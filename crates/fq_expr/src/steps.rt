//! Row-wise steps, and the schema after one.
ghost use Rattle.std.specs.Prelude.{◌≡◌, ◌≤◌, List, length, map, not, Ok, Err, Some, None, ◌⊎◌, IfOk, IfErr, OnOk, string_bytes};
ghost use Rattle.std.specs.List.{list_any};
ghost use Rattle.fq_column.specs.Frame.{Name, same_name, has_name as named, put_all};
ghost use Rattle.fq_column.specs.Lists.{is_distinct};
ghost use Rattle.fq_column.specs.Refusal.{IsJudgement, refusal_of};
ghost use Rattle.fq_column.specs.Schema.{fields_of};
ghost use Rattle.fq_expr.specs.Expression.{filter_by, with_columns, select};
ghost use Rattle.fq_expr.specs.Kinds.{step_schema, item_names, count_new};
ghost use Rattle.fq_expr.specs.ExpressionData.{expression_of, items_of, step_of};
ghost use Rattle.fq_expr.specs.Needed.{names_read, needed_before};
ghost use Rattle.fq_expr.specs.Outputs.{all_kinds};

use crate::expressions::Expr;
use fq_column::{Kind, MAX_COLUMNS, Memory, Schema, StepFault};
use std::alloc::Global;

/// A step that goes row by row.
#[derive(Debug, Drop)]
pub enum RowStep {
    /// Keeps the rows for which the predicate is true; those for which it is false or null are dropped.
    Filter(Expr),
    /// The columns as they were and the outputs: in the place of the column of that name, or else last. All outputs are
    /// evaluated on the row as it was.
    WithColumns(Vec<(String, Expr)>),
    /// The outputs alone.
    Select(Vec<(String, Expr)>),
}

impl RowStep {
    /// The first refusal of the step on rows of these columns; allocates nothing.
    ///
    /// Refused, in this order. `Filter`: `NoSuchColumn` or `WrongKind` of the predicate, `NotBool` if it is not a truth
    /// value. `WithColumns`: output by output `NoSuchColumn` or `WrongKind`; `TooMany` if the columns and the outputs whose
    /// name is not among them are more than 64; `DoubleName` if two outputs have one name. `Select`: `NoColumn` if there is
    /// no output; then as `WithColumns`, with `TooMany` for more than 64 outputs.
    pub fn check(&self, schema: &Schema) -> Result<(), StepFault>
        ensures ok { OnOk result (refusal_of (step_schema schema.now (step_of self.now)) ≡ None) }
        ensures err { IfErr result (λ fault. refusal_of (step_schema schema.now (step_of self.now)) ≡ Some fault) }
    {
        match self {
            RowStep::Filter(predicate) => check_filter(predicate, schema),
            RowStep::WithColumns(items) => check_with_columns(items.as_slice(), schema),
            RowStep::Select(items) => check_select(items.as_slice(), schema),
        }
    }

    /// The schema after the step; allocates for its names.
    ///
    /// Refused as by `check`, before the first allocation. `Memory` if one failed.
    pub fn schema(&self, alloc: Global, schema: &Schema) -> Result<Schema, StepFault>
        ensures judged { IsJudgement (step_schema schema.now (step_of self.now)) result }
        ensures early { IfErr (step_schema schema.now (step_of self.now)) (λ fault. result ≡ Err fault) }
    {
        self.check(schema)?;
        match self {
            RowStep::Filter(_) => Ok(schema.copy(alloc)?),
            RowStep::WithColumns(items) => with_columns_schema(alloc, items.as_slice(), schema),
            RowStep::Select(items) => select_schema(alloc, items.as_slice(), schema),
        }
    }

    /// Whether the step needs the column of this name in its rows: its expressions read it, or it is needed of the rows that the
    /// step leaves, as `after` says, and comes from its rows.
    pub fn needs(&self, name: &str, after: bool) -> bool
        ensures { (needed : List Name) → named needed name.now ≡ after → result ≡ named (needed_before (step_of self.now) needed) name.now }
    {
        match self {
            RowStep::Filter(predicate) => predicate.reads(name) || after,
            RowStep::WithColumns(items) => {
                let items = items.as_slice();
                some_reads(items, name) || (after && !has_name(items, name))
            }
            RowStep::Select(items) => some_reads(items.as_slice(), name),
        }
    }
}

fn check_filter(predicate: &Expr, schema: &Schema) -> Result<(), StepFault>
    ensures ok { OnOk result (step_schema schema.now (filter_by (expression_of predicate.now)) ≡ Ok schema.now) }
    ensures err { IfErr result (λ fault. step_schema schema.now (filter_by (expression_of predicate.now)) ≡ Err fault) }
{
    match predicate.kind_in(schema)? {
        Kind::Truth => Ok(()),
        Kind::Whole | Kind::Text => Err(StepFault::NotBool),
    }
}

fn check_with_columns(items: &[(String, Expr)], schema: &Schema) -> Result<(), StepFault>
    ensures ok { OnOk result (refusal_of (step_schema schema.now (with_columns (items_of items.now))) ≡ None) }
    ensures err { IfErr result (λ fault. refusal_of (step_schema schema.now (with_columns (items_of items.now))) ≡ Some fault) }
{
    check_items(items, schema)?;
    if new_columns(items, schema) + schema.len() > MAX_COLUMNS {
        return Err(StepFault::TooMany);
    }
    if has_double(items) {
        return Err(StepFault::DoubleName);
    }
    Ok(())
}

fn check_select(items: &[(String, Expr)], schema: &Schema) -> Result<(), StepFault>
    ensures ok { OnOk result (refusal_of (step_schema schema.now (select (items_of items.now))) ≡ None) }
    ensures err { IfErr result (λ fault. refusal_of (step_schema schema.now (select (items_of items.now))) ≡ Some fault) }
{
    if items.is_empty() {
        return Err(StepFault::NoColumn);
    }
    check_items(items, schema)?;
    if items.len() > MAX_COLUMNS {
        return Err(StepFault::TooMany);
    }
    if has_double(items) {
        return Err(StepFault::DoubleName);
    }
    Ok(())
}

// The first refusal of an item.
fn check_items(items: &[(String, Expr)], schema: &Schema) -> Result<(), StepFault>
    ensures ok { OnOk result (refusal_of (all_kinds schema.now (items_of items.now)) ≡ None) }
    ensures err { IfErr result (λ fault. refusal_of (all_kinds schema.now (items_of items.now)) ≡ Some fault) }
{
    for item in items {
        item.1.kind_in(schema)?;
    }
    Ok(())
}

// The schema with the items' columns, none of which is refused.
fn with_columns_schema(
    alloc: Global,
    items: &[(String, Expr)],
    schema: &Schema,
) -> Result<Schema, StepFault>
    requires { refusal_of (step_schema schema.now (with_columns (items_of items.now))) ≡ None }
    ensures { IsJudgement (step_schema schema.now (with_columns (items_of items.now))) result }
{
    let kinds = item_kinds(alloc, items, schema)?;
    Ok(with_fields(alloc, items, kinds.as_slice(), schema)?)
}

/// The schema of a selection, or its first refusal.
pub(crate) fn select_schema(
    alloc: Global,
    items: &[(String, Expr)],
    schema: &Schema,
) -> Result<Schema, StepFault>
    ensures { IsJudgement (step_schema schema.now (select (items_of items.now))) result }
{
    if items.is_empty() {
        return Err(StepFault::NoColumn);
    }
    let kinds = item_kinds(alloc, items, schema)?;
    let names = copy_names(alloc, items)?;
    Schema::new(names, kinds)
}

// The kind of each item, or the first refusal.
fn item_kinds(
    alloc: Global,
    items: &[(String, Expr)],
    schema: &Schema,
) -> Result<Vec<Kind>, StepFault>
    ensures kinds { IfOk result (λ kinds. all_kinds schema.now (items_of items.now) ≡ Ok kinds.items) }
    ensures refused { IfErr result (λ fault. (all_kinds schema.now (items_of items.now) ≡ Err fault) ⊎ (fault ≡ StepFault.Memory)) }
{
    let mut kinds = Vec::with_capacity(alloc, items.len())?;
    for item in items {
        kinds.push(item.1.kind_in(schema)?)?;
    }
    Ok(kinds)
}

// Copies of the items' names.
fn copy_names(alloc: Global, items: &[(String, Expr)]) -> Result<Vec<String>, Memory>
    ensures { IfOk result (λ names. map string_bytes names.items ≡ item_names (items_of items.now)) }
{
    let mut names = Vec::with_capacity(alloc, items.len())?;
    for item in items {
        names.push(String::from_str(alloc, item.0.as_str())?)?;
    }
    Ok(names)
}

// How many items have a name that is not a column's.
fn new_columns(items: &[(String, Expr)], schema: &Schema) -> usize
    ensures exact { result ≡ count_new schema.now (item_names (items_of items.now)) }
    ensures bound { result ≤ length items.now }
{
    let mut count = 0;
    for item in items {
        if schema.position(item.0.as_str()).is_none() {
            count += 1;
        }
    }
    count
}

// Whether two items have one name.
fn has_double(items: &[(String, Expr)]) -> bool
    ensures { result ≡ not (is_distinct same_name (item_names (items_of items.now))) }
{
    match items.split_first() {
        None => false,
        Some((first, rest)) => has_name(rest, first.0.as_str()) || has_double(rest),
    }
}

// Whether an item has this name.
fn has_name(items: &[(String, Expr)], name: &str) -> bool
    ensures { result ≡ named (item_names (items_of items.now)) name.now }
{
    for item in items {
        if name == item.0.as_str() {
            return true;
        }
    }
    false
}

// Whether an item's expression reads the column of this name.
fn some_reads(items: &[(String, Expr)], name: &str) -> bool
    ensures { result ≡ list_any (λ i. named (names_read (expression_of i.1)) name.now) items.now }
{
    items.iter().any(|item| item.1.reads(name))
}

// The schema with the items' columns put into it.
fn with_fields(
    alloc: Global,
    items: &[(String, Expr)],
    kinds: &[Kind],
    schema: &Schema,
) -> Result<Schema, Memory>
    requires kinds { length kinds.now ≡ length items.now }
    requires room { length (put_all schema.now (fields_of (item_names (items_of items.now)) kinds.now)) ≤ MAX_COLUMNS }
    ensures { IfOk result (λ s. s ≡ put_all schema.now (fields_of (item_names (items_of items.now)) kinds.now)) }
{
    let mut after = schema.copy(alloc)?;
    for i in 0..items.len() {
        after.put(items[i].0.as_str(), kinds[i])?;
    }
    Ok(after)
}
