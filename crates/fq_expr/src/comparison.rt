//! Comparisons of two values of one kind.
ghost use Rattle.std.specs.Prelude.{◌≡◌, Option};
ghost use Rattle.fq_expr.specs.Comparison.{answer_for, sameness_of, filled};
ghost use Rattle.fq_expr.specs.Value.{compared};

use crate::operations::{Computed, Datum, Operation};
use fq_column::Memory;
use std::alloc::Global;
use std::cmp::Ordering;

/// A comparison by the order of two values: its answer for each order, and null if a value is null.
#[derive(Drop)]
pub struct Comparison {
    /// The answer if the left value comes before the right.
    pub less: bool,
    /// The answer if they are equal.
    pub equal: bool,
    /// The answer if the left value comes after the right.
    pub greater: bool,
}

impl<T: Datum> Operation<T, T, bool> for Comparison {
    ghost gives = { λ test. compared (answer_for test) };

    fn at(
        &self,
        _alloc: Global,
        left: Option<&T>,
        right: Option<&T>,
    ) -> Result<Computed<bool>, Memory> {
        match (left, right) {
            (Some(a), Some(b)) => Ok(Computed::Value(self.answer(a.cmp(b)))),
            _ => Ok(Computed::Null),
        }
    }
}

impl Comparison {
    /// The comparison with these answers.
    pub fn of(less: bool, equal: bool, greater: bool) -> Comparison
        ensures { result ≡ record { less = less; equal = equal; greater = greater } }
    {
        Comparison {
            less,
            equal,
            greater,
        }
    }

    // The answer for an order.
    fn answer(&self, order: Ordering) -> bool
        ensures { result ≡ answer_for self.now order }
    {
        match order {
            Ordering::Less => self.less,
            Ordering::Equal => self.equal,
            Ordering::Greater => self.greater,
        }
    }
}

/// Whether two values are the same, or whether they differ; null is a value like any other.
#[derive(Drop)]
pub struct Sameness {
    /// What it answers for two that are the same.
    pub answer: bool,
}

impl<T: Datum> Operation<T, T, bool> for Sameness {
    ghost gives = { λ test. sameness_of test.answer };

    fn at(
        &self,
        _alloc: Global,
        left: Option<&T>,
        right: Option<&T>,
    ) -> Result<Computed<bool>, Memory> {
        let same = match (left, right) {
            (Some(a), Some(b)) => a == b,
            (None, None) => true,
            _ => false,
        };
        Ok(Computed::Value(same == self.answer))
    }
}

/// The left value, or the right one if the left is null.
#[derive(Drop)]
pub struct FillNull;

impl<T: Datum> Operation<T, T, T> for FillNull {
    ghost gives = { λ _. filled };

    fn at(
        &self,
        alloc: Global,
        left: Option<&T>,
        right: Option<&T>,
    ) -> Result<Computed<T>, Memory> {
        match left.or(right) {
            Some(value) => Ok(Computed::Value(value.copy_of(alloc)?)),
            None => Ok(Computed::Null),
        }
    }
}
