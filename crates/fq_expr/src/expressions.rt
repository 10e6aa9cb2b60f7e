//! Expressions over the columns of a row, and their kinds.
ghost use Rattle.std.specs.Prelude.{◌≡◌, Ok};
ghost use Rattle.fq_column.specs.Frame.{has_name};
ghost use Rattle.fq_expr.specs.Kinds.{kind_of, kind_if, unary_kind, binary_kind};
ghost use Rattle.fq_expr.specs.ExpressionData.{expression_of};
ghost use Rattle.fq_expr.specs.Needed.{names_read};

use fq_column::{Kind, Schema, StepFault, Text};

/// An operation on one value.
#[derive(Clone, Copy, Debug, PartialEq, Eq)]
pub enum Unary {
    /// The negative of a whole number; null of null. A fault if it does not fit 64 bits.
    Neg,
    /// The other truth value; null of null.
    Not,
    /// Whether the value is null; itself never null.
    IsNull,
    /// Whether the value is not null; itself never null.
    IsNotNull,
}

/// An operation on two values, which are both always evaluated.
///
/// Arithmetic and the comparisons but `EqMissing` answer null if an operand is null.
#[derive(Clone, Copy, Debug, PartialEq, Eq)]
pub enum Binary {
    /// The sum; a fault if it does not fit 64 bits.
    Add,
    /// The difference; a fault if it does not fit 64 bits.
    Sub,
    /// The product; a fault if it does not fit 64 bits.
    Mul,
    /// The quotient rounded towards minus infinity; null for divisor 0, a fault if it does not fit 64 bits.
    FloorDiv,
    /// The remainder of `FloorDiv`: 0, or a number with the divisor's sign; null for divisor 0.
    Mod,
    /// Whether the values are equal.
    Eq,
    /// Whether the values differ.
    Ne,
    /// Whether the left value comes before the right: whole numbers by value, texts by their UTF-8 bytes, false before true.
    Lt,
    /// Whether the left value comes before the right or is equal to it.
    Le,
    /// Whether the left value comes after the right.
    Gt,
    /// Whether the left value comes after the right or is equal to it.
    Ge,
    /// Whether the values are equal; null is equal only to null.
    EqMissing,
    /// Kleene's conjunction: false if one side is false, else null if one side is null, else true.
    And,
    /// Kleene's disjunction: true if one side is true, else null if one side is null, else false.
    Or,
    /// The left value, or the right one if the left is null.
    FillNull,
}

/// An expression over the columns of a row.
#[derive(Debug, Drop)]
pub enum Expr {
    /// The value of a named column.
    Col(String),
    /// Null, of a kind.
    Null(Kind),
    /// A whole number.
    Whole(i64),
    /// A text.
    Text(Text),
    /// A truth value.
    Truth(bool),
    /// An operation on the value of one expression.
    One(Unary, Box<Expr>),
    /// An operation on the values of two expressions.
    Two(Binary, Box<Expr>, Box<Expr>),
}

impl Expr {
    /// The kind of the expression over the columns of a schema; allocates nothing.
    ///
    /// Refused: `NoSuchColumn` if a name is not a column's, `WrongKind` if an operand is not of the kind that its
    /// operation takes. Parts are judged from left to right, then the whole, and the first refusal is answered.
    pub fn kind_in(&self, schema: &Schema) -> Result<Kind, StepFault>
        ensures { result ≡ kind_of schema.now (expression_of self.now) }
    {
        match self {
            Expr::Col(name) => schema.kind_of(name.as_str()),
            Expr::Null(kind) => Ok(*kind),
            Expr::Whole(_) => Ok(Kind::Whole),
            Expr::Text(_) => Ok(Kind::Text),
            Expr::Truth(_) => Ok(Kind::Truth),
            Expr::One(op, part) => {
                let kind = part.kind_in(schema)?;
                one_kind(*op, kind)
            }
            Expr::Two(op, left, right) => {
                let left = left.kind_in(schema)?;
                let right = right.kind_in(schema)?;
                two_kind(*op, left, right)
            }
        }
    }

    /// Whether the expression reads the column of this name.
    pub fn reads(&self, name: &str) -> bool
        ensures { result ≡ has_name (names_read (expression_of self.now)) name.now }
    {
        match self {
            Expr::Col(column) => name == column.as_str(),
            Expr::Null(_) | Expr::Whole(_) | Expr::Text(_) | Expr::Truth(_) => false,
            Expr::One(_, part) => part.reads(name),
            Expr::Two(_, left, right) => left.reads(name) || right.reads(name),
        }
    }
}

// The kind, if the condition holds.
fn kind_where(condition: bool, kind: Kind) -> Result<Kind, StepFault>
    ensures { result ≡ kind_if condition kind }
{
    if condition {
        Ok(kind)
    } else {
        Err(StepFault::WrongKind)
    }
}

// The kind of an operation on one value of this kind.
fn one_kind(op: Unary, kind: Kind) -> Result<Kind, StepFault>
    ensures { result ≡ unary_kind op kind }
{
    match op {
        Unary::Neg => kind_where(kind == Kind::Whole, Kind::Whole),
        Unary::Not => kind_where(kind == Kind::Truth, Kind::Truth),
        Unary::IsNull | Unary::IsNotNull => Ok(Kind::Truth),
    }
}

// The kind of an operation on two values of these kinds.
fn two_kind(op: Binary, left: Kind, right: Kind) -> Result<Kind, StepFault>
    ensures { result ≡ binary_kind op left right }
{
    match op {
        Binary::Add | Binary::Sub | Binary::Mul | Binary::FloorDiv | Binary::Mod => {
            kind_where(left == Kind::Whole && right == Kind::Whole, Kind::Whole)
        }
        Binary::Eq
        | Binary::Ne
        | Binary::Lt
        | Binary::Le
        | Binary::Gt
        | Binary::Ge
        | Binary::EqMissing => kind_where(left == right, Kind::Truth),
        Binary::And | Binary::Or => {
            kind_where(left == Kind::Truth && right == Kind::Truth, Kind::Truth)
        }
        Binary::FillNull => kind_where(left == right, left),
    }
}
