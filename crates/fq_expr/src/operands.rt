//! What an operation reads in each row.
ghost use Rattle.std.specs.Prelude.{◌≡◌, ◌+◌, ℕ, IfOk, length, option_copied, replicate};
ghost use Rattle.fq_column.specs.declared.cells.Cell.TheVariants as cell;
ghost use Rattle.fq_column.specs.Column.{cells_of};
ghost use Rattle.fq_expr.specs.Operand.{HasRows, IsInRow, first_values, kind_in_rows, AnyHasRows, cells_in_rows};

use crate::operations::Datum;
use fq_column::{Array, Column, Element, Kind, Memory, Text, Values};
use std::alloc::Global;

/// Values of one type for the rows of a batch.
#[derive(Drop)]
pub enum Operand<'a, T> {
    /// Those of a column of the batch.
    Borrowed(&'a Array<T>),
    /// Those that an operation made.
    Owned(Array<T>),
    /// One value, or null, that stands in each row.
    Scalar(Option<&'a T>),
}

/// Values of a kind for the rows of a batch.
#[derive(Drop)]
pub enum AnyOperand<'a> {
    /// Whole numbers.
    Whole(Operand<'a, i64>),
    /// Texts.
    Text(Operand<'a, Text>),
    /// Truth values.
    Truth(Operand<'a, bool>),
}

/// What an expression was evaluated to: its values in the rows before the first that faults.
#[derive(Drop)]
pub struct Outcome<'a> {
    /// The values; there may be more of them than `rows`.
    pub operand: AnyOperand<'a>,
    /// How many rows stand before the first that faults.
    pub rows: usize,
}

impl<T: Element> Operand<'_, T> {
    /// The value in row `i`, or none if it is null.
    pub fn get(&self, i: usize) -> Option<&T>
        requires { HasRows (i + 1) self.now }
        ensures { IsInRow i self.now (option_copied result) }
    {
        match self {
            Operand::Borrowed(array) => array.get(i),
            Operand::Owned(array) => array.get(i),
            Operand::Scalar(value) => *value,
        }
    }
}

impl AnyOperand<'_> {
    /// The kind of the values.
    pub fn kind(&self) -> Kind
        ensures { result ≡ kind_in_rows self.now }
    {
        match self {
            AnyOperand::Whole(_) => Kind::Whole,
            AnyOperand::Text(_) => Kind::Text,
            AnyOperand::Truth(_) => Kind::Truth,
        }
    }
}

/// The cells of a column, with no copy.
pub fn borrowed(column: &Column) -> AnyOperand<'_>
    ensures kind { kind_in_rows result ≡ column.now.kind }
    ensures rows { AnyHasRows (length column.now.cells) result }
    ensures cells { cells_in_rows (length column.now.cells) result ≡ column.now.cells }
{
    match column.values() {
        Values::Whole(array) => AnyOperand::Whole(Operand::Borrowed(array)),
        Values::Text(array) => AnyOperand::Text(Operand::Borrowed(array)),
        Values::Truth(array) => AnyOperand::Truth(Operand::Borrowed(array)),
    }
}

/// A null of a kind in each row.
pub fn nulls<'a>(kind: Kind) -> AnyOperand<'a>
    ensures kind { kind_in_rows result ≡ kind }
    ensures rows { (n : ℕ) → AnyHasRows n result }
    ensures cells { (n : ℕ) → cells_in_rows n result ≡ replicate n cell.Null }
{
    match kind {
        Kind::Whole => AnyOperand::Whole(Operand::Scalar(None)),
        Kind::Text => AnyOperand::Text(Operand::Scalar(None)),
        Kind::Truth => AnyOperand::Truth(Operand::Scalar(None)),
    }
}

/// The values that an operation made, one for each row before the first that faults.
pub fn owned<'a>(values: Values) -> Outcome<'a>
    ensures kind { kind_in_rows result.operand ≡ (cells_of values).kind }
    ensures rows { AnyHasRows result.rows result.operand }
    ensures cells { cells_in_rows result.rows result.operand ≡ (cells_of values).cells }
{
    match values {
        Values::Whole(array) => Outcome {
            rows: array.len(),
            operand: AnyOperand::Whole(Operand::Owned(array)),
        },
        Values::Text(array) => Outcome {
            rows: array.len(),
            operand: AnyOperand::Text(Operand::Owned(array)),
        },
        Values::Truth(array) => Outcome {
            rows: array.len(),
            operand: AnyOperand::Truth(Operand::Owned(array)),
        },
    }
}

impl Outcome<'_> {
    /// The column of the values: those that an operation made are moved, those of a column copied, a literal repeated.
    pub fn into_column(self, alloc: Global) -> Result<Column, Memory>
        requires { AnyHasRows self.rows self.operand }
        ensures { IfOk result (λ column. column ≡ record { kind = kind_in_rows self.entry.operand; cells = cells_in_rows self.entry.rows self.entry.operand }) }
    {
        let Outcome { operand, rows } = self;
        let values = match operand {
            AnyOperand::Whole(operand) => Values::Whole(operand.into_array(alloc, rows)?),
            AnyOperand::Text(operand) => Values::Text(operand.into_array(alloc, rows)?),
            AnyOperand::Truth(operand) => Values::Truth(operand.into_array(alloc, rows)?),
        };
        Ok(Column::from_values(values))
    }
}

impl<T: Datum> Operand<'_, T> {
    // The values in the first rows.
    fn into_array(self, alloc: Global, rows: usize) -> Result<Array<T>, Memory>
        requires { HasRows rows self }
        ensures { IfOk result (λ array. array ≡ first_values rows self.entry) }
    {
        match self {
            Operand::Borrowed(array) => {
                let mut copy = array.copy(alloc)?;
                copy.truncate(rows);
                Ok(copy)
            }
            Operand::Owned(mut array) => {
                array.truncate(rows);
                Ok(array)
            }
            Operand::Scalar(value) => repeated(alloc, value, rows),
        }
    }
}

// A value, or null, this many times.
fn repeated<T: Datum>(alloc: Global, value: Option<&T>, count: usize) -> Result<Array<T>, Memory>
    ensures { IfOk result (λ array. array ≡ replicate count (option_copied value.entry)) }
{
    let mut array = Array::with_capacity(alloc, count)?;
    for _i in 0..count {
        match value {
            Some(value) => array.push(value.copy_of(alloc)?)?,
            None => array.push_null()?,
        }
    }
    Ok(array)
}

....

*EXERCISE DESCRIPTION*.
Nothing but the lines above from the one containing "Expr::One(_, part) =>" through the one containing "of this kind." should appear in the answer, each repeated exactly.

*TASK SOLUTION*.
            Expr::One(_, part) => part.reads(name),
            Expr::Two(_, left, right) => left.reads(name) || right.reads(name),
        }
    }
}

// The kind, if the condition holds.
fn kind_where(condition: bool, kind: Kind) -> Result<Kind, StepFault>
    ensures { result ≡ kind_if condition kind }
{
    if condition {
        Ok(kind)
    } else {
        Err(StepFault::WrongKind)
    }
}

// The kind of an operation on one value of this kind.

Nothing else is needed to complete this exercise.